# 1982 Schwinn board tracker !



## Elnutty

My names elnutty and I'm new here , been into bikes for a long time ! I started this build about 4 years ago with a 1982 Schwinn cruiser I bought at a garage sale and a Schwinn breeze that had a messed up frame ! I used the top and bottom bar from the breeze to make a straight bar frame out of the 82 ! I made a tank for it a few years ago then it sat until last week ! I got a mid 40's ladies Schwinn that had been poorly restored but had some nice parts and this is the out come !!
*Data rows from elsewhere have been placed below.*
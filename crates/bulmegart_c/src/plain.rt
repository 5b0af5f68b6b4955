// A plain record from what is left to say.
ghost use Rattle.std.specs.Prelude.{◌≡◌};
ghost use Rattle.bulmegart_plain.specs.Plain.{plain_params};

use bulmegart_plain::plain::ParamsAnswer;

// A plain record.
#[unsafe(no_mangle)]
pub extern "C" fn bulmegart_plain_params(
    log2: u32,
    scan: u32,
    luma: u8,
    hiding: u8,
    skip_allowed: u8,
    lossless: u8,
    inter: u8,
) -> ParamsAnswer
    ensures { result ≡ plain_params log2 scan luma hiding skip_allowed lossless inter }
{
    bulmegart_plain::plain::bulmegart_plain_params(
        log2,
        scan,
        luma,
        hiding,
        skip_allowed,
        lossless,
        inter,
    )
}
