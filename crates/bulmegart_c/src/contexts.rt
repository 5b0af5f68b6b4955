// Initialisation of contexts.
ghost use Rattle.std.specs.Prelude.{◌≡◌};
ghost use Rattle.cabac.specs.Contexts.{initial};
ghost use Rattle.cabac.specs.Entries.{values_refusal, contexts_after, statistics_after};

use bins::tags::CONTEXTS;

// The packed context of one value.
#[unsafe(no_mangle)]
pub extern "C" fn bulmegart_init(value: u8, qp: u8) -> u8
    ensures { result ≡ initial value qp }
{
    bulmegart_contexts::contexts::bulmegart_init(value, qp)
}

// The lent contexts from the lent values; the statistics become 0.
#[unsafe(no_mangle)]
pub extern "C" fn bulmegart_init_contexts(
    contexts: &mut [u8; CONTEXTS],
    statistics: &mut [u8; 4],
    values: &[u8],
    qp: u8,
) -> u32
    ensures { (result ≡ values_refusal values.now) × (contexts.new ≡ contexts_after result contexts.old values.now qp) × (statistics.new ≡ statistics_after result statistics.old) }
{
    bulmegart_contexts::contexts::bulmegart_init_contexts(contexts, statistics, values, qp)
}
Really wish I would of done the frame like this but decided to cut out the top tube too  





How it sat for a while !


----------



## Elnutty

Elnutty said:


> My names elnutty and I'm new here , been into bikes for a long time ! I started this build about 4 years ago with a 1982 Schwinn cruiser I bought at a garage sale and a Schwinn breeze that had a messed up frame ! I used the top and bottom bar from the breeze to make a straight bar frame out of the 82 ! I made a tank for it a few years ago then it sat until last week ! I got a mid 40's ladies Schwinn that had been poorly restored but had some nice parts and this is the out come !!
> View attachment 416319
> 
> Really wish I would of done the frame like this but decided to cut out the top tube too
> 
> View attachment 416320
> 
> How it sat for a while !
> 
> View attachment 416354
> 
> View attachment 416326
> 
> 
> View attachment 416357
> 
> 
> 
> 
> 
> View attachment 416355


----------



## sludgeguy

Looking good.
 I think it looked more board tracker-ish with the first set of bars flipped over and no fenders. But that's just me. 
Great new life into a set of tired bikes!


----------



## Elnutty

sludgeguy said:


> Looking good.
> I think it looked more board tracker-ish with the first set of bars flipped over and no fenders. But that's just me.
> Great new life into a set of tired bikes!
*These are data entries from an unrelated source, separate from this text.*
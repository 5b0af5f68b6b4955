// A decision and a terminate bin.
ghost use Rattle.std.specs.Prelude.{◌≡◌};
ghost use Rattle.bulmegart.specs.Records.{engine_of, behind_state};
ghost use Rattle.bulmegart_engine.specs.Exported.{decision_given, bins_given};
ghost use Rattle.cabac.specs.Entries as entries;

use bulmegart::records::EngineState;
use bulmegart_engine::engine::{BinsAnswer, DecisionAnswer};

#[unsafe(no_mangle)]
pub extern "C" fn bulmegart_decode_bin(
    payload: &[u8],
    state: EngineState,
    context: u8,
) -> DecisionAnswer
    ensures { result ≡ decision_given context state (behind_state payload.now state (entries.decision payload.now (engine_of state) context)) }
{
    bulmegart_bins::decode::bulmegart_decode_bin(payload, state, context)
}

#[unsafe(no_mangle)]
pub extern "C" fn bulmegart_decode_terminate(payload: &[u8], state: EngineState) -> BinsAnswer
    ensures { result ≡ bins_given state (behind_state payload.now state (entries.terminate payload.now (engine_of state))) }
{
    bulmegart_bins::decode::bulmegart_decode_terminate(payload, state)
}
I agree I just threw it together a few days ago with parts off of that ladies Schwinn ! I'm also about to start remaking the tank for it and I have some bobbed fenders I was going to run !


----------



## Jaypem

Really cool!
I can't quite figure out where the pieces of tube you added came from...I like the way you dropped the seat stays down and lined them up with your straight bar !!
You should post this on Rat Rod bikes too. It's the place for these kind of builds!


----------



## Elnutty

Jaypem said:


> Really cool!
> I can't quite figure out where the pieces of tube you added came from...I like the way you dropped the seat stays down and lined them up with your straight bar !!
> You should post this on Rat Rod bikes too. It's the place for these kind of builds!
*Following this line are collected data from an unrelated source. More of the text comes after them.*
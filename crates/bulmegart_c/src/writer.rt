// The writer of bins.
ghost use Rattle.std.specs.Prelude.{◌≡◌};
ghost use Rattle.bulmegart_blocks.specs.Lists.{write_left, write_block};

use bulmegart::records::BlockParams;
use bulmegart_blocks::lists::WriteAnswer;

// One block as a bin list in the room.
#[unsafe(no_mangle)]
pub extern "C" fn bulmegart_write_bins(
    params: BlockParams,
    statistics: &mut [u8; 4],
    levels: &[i32],
    skip: u8,
    rdpcm: u8,
    room: &mut [u8],
) -> WriteAnswer
    ensures { write_left result statistics.new room.new ≡ write_block params statistics.old levels.now skip rdpcm room.old }
{
    bulmegart_writer::lists::bulmegart_write_bins(params, statistics, levels, skip, rdpcm, room)
}
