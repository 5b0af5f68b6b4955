// The state that a call of the block reader reaches.
ghost use Rattle.std.specs.Prelude.{◌≡◌};
ghost use Rattle.bulmegart_reached.specs.Handed.{reached_handed};

use bins::tags::CONTEXTS;
use bulmegart::records::{BlockParams, EngineState};
use bulmegart_reached::ReachedAnswer;

#[unsafe(no_mangle)]
pub extern "C" fn bulmegart_reached(
    payload: &[u8],
    state: EngineState,
    contexts: &[u8; CONTEXTS],
    statistics: &[u8; 4],
    params: BlockParams,
    levels: &[i32],
) -> ReachedAnswer
    ensures { result ≡ reached_handed payload.now state contexts.now statistics.now params levels.now }
{
    bulmegart_reached::bulmegart_reached(payload, state, contexts, statistics, params, levels)
}
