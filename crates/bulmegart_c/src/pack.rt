// Bin lists as payloads: a block's, a scale's, those of a tray, and an H.264 block's.
ghost use Rattle.std.specs.Prelude.{◌≡◌};
ghost use Rattle.bulmegart_pack.specs.Packed.{pack_left, pack_block, pack_seen};
ghost use Rattle.hevc_packer.specs.Entries.{pack_scale};
ghost use Rattle.hevc_tray_packer.specs.Rows.{pack_rows};
ghost use Rattle.bulmegart_pack.specs.Trays.{tray_left, tray_seen};
ghost use Rattle.h264_packer.specs.Entries.{pack_bins};

use bins::tags::CONTEXTS;
use bulmegart::records::BlockParams;
use bulmegart_blocks::lists::WriteAnswer;
use bulmegart_pack::trays::PackTrayAnswer;

// One block's list. Contexts and statistics are read only.
#[unsafe(no_mangle)]
pub extern "C" fn bulmegart_pack_bins(
    contexts: &[u8; CONTEXTS],
    statistics: &[u8; 4],
    params: BlockParams,
    list: &[u8],
    room: &mut [u8],
) -> WriteAnswer
    ensures { pack_left result room.new ≡ pack_block contexts.now statistics.now params list.now room.old }
{
    bulmegart_pack::packs::bulmegart_pack_bins(contexts, statistics, params, list, room)
}

// One scale's list, of chroma component 0 or 1.
#[unsafe(no_mangle)]
pub extern "C" fn bulmegart_pack_scale(
    contexts: &[u8; CONTEXTS],
    component: u32,
    list: &[u8],
    room: &mut [u8],
) -> WriteAnswer
    ensures { pack_left result room.new ≡ pack_seen (pack_scale contexts.now component list.now room.old) }
{
    bulmegart_pack::packs::bulmegart_pack_scale(contexts, component, list, room)
}

// List after list, in the order of the records. Contexts and statistics are read only.
#[unsafe(no_mangle)]
pub extern "C" fn bulmegart_pack_tray(
    contexts: &[u8; CONTEXTS],
    statistics: &[u8; 4],
    records: &[[u8; 14]],
    lists: &[u8],
    room: &mut [u8],
) -> PackTrayAnswer
    ensures { tray_left result room.new ≡ tray_seen (pack_rows contexts.now statistics.now records.now lists.now room.old) }
{
    bulmegart_pack::trays::bulmegart_pack_tray(contexts, statistics, records, lists, room)
}

// The list of an H.264 block. Contexts are read only.
#[unsafe(no_mangle)]
pub extern "C" fn bulmegart_h264_pack_bins(
    contexts: &[u8; 40],
    list: &[u8],
    room: &mut [u8],
) -> WriteAnswer
    ensures { pack_left result room.new ≡ pack_seen (pack_bins contexts.now list.now room.old) }
{
    bulmegart_pack::h264::bulmegart_h264_pack_bins(contexts, list, room)
}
Thanks !! The top bar is the top  bar from a Schwinn breeze flipped  and other other one is the the straight lower bar off of the same breeze !!


----------



## Tim the Skid

nice job, good metal working skills!


----------



## Elnutty

Tim the Skid said:


> nice job, good metal working skills!




Thanks man ! Can't wait to actually finish it , maybe after my 54 ford gets done !!


----------



## Tim the Skid

Definitely some cuttin' and weldin' going on there! I like it.


----------



## Elnutty

So finally got around to messing with this again this is where I got with it last night !


----------



## rick whitehurst

I like it!  I changed a girls CWC into a boys. Still want to weld in a lower tube.... Maybe later....  The only minor drawback converting a girls frame to boys is the higher stance in front... Some say it looks cool but it bugs me just a little.






El nutty... You are a chop me up guy like me... This was once a 49 4 door style liner. Now a chopped truck.


----------



## Elnutty

I need to rework the tank and also didn't like the rear fender (was too rough ) will replace soon  ! I slapped some prime on it really quick was planning on taking out to the Shiny Side Up show in San Jose but it didn't go !


----------



## sludgeguy

It's looking good!


----------



## Danny the schwinn freak

Love this build. Makes me want to do a custom framed build.


----------



## Uni-Bike Lou

It looks good, can't wait to see what you decide to do.


----------